__Records for processing__
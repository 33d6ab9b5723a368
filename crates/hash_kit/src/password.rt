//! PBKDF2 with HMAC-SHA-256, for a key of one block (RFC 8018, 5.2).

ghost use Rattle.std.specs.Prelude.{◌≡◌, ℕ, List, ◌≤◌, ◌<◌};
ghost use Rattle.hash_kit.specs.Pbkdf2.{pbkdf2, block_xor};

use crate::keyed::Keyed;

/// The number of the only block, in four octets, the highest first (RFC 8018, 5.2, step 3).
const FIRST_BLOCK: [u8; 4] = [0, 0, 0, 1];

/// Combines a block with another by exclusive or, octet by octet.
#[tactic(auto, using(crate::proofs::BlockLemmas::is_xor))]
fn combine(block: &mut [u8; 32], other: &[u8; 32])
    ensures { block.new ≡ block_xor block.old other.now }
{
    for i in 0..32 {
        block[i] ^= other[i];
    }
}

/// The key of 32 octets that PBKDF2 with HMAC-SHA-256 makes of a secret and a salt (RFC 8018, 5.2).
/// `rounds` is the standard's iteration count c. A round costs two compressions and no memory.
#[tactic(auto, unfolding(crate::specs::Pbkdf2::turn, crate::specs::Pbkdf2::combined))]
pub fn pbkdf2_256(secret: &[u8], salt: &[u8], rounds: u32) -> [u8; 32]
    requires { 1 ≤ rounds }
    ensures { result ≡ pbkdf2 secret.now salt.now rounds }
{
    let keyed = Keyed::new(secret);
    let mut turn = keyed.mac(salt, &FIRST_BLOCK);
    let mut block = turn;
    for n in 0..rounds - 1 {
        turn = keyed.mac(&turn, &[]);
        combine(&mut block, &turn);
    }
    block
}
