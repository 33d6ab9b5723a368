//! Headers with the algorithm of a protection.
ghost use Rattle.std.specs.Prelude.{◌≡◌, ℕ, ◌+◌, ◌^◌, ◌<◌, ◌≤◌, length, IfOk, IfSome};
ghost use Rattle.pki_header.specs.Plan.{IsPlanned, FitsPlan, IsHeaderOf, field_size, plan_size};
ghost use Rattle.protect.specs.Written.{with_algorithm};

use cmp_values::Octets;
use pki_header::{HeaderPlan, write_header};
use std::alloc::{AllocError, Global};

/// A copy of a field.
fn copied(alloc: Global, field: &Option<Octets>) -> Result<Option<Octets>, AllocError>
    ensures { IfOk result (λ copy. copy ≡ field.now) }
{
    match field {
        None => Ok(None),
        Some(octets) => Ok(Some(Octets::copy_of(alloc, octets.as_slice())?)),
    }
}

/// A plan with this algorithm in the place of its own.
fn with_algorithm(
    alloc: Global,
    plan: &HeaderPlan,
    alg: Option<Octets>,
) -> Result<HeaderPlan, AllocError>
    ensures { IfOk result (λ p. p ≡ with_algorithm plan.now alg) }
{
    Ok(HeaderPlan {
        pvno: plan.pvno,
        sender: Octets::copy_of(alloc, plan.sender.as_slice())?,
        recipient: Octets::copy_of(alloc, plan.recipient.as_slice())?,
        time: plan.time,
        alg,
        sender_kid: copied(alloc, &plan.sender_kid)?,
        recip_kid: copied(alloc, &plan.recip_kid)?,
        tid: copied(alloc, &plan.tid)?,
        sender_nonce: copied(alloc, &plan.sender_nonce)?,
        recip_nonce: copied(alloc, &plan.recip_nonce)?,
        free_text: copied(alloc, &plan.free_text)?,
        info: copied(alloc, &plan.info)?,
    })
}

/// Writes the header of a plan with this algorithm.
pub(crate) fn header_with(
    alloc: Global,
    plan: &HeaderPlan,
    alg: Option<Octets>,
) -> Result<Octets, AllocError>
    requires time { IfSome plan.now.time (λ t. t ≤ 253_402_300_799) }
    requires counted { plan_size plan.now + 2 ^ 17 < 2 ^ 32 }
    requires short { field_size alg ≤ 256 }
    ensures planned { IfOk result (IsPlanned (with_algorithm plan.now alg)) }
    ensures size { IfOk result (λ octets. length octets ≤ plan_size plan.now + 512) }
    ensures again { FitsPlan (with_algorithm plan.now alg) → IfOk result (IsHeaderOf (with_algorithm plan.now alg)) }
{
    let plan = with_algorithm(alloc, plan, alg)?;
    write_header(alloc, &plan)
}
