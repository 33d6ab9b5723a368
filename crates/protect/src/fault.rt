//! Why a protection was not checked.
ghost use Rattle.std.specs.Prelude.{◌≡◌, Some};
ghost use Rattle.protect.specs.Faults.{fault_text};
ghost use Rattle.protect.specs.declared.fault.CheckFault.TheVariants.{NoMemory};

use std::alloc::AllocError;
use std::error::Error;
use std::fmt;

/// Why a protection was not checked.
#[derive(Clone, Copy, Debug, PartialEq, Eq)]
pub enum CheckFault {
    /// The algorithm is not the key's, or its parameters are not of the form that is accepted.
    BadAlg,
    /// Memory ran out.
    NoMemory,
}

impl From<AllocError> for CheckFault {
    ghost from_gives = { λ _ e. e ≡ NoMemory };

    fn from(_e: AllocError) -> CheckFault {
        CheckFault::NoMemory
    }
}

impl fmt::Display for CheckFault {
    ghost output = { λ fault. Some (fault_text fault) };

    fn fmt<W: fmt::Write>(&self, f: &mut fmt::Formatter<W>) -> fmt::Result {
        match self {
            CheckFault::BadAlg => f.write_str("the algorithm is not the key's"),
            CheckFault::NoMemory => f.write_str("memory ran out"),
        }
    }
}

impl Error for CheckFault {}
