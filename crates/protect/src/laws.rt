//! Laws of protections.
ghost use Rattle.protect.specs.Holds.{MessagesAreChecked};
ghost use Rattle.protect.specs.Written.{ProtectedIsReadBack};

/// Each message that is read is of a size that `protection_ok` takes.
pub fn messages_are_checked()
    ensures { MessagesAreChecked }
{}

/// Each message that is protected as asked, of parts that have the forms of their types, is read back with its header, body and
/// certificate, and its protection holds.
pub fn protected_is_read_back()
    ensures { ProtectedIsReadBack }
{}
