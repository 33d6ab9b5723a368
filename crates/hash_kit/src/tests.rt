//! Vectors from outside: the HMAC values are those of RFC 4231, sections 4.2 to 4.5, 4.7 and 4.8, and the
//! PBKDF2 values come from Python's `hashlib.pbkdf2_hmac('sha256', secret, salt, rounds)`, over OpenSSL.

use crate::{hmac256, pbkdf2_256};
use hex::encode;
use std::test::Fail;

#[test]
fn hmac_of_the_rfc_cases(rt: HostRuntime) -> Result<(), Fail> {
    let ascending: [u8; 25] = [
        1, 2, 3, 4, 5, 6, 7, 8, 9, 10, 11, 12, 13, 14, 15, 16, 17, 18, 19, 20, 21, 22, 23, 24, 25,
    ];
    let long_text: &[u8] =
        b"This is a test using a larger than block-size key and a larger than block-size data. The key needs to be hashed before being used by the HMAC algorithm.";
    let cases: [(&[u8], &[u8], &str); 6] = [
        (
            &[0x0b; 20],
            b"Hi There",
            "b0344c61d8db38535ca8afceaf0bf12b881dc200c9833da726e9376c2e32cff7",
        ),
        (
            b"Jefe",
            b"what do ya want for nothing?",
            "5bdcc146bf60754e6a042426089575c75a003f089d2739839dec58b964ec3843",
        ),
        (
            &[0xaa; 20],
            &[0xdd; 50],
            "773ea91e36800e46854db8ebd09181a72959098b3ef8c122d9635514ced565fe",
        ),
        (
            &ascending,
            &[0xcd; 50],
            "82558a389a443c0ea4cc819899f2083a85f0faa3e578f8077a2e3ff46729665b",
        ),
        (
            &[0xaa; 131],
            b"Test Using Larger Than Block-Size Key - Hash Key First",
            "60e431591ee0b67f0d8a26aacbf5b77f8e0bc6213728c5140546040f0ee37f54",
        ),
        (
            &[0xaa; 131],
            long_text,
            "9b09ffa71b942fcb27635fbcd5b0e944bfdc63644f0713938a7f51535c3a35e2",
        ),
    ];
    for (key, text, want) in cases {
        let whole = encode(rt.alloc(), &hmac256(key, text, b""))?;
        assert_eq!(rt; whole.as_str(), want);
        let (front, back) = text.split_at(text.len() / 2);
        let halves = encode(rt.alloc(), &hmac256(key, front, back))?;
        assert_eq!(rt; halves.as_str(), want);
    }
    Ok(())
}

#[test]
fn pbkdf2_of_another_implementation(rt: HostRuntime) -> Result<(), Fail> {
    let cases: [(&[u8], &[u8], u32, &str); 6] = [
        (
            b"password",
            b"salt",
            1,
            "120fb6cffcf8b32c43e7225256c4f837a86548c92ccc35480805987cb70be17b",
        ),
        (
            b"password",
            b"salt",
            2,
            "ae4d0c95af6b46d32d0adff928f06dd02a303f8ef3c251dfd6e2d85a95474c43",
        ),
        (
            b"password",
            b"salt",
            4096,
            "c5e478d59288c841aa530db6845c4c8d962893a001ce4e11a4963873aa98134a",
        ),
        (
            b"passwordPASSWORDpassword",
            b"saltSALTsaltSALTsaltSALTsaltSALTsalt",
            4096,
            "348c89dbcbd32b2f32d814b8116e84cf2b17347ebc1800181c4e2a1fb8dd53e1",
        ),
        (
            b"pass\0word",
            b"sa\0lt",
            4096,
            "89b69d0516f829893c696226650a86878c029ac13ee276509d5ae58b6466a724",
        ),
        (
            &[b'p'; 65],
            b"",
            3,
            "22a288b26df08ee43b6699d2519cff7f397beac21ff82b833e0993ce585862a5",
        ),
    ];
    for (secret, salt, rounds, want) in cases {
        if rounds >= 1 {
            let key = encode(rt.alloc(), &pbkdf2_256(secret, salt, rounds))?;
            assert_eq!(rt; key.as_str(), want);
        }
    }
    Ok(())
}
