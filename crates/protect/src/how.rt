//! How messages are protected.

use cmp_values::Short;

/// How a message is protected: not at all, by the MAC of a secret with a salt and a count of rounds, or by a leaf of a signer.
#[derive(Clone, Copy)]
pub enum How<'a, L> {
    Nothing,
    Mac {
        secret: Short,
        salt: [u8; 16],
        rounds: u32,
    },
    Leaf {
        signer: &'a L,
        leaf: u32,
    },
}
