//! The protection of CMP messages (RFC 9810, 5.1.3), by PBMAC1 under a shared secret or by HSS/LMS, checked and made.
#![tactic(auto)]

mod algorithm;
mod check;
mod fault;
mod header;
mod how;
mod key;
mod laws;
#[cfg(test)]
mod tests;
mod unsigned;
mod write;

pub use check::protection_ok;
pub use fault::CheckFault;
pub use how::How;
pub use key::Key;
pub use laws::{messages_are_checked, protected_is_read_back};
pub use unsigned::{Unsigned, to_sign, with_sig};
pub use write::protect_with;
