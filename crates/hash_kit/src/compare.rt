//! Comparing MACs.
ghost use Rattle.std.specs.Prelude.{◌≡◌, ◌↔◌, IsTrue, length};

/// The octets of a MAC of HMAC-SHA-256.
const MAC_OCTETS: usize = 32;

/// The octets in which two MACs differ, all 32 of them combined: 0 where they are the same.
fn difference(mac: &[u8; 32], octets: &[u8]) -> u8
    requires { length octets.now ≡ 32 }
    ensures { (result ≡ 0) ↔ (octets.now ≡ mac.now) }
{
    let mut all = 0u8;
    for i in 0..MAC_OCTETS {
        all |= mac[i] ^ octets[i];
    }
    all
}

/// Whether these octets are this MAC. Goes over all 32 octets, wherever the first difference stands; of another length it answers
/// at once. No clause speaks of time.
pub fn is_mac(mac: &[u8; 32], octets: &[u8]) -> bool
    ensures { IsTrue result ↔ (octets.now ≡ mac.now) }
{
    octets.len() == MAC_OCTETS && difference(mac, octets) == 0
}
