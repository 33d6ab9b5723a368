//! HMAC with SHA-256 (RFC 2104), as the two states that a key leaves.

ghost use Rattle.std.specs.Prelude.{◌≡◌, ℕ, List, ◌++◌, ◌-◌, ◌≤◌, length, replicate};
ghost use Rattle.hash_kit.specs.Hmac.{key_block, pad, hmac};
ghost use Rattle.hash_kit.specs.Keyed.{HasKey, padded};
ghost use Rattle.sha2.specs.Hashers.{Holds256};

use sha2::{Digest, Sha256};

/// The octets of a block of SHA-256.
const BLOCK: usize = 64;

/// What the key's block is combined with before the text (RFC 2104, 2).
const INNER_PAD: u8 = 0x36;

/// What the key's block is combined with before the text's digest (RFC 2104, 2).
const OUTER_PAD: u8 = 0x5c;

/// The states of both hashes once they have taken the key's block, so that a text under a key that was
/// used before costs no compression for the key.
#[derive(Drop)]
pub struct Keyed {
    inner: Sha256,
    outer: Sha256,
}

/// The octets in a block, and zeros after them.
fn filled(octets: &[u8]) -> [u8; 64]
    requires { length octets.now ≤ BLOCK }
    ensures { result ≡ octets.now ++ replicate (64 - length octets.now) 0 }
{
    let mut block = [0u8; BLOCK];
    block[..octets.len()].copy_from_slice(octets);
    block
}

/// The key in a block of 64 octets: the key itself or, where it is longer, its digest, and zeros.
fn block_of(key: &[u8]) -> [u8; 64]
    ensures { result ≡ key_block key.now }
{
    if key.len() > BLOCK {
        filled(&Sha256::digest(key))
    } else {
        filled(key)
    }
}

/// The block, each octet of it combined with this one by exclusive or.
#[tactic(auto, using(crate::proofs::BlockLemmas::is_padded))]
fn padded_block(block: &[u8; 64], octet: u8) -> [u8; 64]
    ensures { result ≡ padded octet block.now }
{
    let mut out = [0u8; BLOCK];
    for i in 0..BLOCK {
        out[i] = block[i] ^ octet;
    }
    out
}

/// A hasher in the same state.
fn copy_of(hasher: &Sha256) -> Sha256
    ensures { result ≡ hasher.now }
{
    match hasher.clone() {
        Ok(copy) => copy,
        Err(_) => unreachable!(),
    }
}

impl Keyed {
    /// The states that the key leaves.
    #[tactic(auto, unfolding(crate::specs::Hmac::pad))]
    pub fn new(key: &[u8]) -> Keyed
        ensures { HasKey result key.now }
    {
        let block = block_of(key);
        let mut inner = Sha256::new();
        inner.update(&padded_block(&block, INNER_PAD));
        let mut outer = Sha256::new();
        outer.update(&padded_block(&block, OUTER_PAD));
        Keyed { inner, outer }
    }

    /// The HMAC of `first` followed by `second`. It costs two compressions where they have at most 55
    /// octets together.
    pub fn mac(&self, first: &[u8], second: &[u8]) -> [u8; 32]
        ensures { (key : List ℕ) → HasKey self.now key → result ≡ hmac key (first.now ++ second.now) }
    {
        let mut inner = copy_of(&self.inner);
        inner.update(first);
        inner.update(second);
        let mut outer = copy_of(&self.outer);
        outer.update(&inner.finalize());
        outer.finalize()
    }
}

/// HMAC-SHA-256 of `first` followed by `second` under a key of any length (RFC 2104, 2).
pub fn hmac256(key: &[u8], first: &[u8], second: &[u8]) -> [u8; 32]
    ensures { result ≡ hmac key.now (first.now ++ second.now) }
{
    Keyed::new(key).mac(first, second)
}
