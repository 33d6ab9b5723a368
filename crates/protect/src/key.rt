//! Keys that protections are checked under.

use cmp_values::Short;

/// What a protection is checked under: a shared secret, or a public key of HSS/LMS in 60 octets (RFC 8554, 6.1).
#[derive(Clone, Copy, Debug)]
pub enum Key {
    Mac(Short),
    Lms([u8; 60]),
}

__Problem__
Everything above from the line containing "fn copy_of(hasher: &Sha256) -> Sha256" down to the line containing "let mut inner = Sha256::new();" is to be transcribed exactly, with both of those lines included and nothing else added.

__Your response__
fn copy_of(hasher: &Sha256) -> Sha256
    ensures { result ≡ hasher.now }
{
    match hasher.clone() {
        Ok(copy) => copy,
        Err(_) => unreachable!(),
    }
}

impl Keyed {
    /// The states that the key leaves.
    #[tactic(auto, unfolding(crate::specs::Hmac::pad))]
    pub fn new(key: &[u8]) -> Keyed
        ensures { HasKey result key.now }
    {
        let block = block_of(key);
        let mut inner = Sha256::new();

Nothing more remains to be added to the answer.